● WHAT TO PRODUCE: Repeat exactly the line that contains "there is none." and every line below it to the end of the material, omitting all others.

● THE DATA:

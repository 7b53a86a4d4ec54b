//! Overwriting a buffer.
ghost use Rattle.std.specs.Prelude.{◌≡◌, ◌≤◌, ◌^◌, ◌-◌, ◌++◌, length, drop, take};
ghost use Rattle.icu_normalizer_c.specs.Overwriting.{overwritten};

use crate::piece::Piece;

/// Writes units to the beginning of a buffer, as many as it has room for.
fn overwrite<T: Copy>(buffer: &mut [T], units: &[T])
    ensures { buffer.new ≡ overwritten buffer.old units.now }
{
    if units.len() <= buffer.len() {
        buffer[..units.len()].copy_from_slice(units);
    } else {
        let (fitting, _) = units.split_at(buffer.len());
        buffer.copy_from_slice(fitting);
    }
}

/// Writes units to a buffer from a position on, as many as it has room for. After its end there is none.
#[inline(never)]
fn overwrite_by_call<T: Copy>(buffer: &mut [T], start: usize, units: &[T])
    ensures fits { length buffer.old ≤ 2 ^ 64 - 1 }
    ensures len { length buffer.new ≡ length buffer.old }
    ensures after { buffer.new ≡ take start buffer.old ++ overwritten (drop start buffer.old) units.now }
{
    if start < buffer.len() {
        overwrite(&mut buffer[start..], units);
    }
}

/// Does the same, without a call for few units that end before the end of the buffer.
#[inline(always)]
pub(crate) fn overwrite_after<T: Copy, P: Piece<T>>(buffer: &mut [T], start: usize, piece: P)
    ensures fits { length buffer.old ≤ 2 ^ 64 - 1 }
    ensures len { length buffer.new ≡ length buffer.old }
    ensures after { buffer.new ≡ take start buffer.old ++ overwritten (drop start buffer.old) (P.items piece) }
{
    let units = piece.as_slice();
    let end = start.saturating_add(units.len());
    if end < buffer.len() && units.len() <= 64 {
        piece.store(&mut buffer[start..start + units.len()]);
    } else {
        // A copy is lent, so that an array that is stored at once is never in memory.
        let lent = piece;
        overwrite_by_call(buffer, start, lent.as_slice());
    }
}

● ANSWER:
/// Writes units to a buffer from a position on, as many as it has room for. After its end there is none.
#[inline(never)]
fn overwrite_by_call<T: Copy>(buffer: &mut [T], start: usize, units: &[T])
    ensures fits { length buffer.old ≤ 2 ^ 64 - 1 }
    ensures len { length buffer.new ≡ length buffer.old }
    ensures after { buffer.new ≡ take start buffer.old ++ overwritten (drop start buffer.old) units.now }
{
    if start < buffer.len() {
        overwrite(&mut buffer[start..], units);
    }
}

/// Does the same, without a call for few units that end before the end of the buffer.
#[inline(always)]
pub(crate) fn overwrite_after<T: Copy, P: Piece<T>>(buffer: &mut [T], start: usize, piece: P)
    ensures fits { length buffer.old ≤ 2 ^ 64 - 1 }
    ensures len { length buffer.new ≡ length buffer.old }
    ensures after { buffer.new ≡ take start buffer.old ++ overwritten (drop start buffer.old) (P.items piece) }
{
    let units = piece.as_slice();
    let end = start.saturating_add(units.len());
    if end < buffer.len() && units.len() <= 64 {
        piece.store(&mut buffer[start..start + units.len()]);
    } else {
        // A copy is lent, so that an array that is stored at once is never in memory.
        let lent = piece;
        overwrite_by_call(buffer, start, lent.as_slice());
    }
}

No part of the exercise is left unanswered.